**Requirement**
Lines holding the string "tactic" are the ones to copy; find them all in the data.

Stored entries

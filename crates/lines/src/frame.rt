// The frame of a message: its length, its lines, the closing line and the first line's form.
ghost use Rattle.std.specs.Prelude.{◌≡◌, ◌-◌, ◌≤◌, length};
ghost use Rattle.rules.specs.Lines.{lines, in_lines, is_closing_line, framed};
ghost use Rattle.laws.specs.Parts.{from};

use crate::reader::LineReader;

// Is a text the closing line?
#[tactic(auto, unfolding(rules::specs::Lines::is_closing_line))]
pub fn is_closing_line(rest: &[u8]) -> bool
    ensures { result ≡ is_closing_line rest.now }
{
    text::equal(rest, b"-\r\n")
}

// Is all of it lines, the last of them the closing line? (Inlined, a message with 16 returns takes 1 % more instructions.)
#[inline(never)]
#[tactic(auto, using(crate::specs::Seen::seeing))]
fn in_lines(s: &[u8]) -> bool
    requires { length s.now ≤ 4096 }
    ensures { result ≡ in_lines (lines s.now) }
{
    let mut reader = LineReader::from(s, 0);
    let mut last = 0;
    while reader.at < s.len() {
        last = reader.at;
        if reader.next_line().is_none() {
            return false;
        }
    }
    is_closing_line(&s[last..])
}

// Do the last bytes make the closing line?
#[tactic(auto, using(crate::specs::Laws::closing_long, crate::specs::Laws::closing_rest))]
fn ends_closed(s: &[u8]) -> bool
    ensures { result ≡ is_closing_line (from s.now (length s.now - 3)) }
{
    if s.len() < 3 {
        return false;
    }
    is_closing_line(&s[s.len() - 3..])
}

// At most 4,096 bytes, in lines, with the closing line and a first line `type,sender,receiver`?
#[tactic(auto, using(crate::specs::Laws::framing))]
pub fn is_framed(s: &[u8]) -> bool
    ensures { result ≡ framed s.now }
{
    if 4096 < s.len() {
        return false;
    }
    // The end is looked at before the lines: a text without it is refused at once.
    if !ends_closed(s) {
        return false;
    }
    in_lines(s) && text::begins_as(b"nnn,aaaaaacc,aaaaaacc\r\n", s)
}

---

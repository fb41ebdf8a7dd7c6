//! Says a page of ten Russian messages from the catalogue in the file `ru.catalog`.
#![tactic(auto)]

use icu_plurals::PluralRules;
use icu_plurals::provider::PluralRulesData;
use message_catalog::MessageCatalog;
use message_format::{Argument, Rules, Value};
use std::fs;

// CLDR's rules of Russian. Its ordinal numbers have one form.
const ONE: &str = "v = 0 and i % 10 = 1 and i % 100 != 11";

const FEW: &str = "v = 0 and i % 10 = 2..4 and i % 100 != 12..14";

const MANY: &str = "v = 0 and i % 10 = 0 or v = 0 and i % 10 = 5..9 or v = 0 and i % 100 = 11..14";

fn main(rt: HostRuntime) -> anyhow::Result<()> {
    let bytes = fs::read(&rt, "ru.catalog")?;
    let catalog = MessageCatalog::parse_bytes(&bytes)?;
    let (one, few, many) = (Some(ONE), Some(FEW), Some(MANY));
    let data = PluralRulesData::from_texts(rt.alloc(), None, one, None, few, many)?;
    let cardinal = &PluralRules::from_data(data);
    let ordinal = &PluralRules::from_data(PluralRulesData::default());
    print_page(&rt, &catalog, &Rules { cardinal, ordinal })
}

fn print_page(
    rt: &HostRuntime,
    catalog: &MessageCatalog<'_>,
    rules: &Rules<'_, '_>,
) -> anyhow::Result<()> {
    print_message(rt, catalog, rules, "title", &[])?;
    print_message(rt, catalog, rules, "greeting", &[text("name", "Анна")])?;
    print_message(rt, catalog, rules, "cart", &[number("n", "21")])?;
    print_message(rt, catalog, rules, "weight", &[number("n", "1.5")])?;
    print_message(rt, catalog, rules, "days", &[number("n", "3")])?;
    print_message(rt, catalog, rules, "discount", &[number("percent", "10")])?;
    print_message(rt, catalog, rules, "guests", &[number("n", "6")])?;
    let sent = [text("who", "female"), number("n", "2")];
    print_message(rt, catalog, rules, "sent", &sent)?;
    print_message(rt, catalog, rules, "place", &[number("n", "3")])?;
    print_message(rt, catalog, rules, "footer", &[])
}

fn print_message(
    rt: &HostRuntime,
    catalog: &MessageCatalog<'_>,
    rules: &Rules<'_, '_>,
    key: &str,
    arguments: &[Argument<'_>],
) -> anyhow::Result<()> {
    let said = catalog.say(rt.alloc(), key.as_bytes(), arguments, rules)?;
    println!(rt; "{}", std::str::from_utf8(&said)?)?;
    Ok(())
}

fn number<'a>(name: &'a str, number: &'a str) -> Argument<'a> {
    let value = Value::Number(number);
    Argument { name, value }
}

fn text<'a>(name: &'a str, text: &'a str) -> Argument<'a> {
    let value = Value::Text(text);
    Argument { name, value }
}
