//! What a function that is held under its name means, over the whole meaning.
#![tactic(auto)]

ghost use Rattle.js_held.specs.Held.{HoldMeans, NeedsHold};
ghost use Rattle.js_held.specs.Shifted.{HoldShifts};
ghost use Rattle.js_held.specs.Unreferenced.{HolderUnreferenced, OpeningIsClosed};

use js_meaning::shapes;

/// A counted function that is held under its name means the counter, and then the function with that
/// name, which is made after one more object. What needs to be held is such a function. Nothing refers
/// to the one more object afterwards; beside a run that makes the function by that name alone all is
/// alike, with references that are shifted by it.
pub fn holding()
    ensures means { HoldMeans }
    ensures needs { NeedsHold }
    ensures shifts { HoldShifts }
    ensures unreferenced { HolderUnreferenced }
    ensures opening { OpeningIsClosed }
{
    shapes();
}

**Answer to the problem**
#[tactic(auto, unfolding(rules::specs::Lines::is_closing_line))]
#[tactic(auto, using(crate::specs::Seen::seeing))]
#[tactic(auto, using(crate::specs::Laws::closing_long, crate::specs::Laws::closing_rest))]
#[tactic(auto, using(crate::specs::Laws::framing))]
#![tactic(auto)]
#![tactic(auto)]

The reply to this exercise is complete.